▶ **WORK TO BE COMPLETED**: Of the material below, only the lines from the line containing "pub fn table(&self) -> &'a str" down to the line containing "pub use operation::operation_of;" belong in the answer, written out exactly.

▶ **ENTRIES SHOWN**:
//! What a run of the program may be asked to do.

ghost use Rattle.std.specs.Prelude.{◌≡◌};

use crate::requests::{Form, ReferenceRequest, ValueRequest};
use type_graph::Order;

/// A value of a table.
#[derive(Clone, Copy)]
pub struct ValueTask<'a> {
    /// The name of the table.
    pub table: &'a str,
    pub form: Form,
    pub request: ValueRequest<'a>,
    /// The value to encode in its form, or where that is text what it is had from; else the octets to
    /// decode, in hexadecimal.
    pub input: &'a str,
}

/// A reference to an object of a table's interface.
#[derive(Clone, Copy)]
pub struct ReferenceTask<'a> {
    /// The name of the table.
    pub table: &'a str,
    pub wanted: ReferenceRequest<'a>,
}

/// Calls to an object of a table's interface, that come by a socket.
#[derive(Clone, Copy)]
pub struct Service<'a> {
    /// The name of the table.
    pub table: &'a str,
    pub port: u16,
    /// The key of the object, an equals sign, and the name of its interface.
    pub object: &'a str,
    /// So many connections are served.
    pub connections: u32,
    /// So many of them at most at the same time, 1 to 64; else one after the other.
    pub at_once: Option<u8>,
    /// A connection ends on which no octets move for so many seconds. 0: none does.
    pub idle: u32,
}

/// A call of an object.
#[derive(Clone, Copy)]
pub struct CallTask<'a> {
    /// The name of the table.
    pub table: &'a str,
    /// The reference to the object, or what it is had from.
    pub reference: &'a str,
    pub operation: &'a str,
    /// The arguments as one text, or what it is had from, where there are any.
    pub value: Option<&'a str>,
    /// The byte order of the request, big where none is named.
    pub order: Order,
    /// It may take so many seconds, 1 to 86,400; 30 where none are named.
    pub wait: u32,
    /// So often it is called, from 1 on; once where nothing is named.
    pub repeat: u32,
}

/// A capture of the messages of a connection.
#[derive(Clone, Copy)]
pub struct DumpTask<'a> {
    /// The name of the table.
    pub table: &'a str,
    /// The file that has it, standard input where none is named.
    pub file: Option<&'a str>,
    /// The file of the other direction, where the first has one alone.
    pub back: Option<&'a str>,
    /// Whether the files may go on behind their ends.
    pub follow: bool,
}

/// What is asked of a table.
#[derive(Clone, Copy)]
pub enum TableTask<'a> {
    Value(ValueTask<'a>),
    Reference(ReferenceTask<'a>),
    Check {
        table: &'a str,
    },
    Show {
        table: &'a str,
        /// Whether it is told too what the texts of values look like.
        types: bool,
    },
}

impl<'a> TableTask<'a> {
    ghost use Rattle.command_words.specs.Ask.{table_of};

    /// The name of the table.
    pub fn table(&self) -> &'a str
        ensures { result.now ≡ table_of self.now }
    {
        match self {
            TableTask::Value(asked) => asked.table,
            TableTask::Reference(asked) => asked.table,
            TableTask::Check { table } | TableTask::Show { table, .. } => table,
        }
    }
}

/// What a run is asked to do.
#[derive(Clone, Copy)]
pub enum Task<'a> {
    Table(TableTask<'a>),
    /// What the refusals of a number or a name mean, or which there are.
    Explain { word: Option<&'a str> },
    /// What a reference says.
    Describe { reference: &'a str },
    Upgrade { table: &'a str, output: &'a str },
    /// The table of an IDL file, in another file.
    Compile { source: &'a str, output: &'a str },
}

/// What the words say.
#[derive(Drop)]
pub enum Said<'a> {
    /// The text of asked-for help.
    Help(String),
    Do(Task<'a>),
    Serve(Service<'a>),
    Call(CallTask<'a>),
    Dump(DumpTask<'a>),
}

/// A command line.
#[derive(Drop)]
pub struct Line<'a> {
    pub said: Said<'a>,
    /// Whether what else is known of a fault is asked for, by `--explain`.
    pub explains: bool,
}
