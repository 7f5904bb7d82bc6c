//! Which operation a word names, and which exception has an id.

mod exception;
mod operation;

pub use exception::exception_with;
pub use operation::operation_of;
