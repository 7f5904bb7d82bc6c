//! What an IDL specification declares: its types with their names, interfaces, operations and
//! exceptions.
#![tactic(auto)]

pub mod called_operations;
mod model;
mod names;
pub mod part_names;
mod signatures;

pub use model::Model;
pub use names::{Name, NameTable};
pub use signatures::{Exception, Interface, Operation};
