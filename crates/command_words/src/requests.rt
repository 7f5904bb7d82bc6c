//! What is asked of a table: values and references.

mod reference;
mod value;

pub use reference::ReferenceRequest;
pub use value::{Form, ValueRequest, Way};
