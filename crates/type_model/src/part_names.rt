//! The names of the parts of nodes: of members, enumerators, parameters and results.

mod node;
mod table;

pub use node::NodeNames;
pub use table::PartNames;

▶ **TASK OUTPUT**:
    pub fn table(&self) -> &'a str
        ensures { result.now ≡ table_of self.now }
    {
        match self {
            TableTask::Value(asked) => asked.table,
            TableTask::Reference(asked) => asked.table,
            TableTask::Check { table } | TableTask::Show { table, .. } => table,
        }
    }
}

/// What a run is asked to do.
#[derive(Clone, Copy)]
pub enum Task<'a> {
    Table(TableTask<'a>),
    /// What the refusals of a number or a name mean, or which there are.
    Explain { word: Option<&'a str> },
    /// What a reference says.
    Describe { reference: &'a str },
    Upgrade { table: &'a str, output: &'a str },
    /// The table of an IDL file, in another file.
    Compile { source: &'a str, output: &'a str },
}

/// What the words say.
#[derive(Drop)]
pub enum Said<'a> {
    /// The text of asked-for help.
    Help(String),
    Do(Task<'a>),
    Serve(Service<'a>),
    Call(CallTask<'a>),
    Dump(DumpTask<'a>),
}

/// A command line.
#[derive(Drop)]
pub struct Line<'a> {
    pub said: Said<'a>,
    /// Whether what else is known of a fault is asked for, by `--explain`.
    pub explains: bool,
}
repository 7f5904bb7d82bc6c
//! Which operation a word names, and which exception has an id.

mod exception;
mod operation;

pub use exception::exception_with;
pub use operation::operation_of;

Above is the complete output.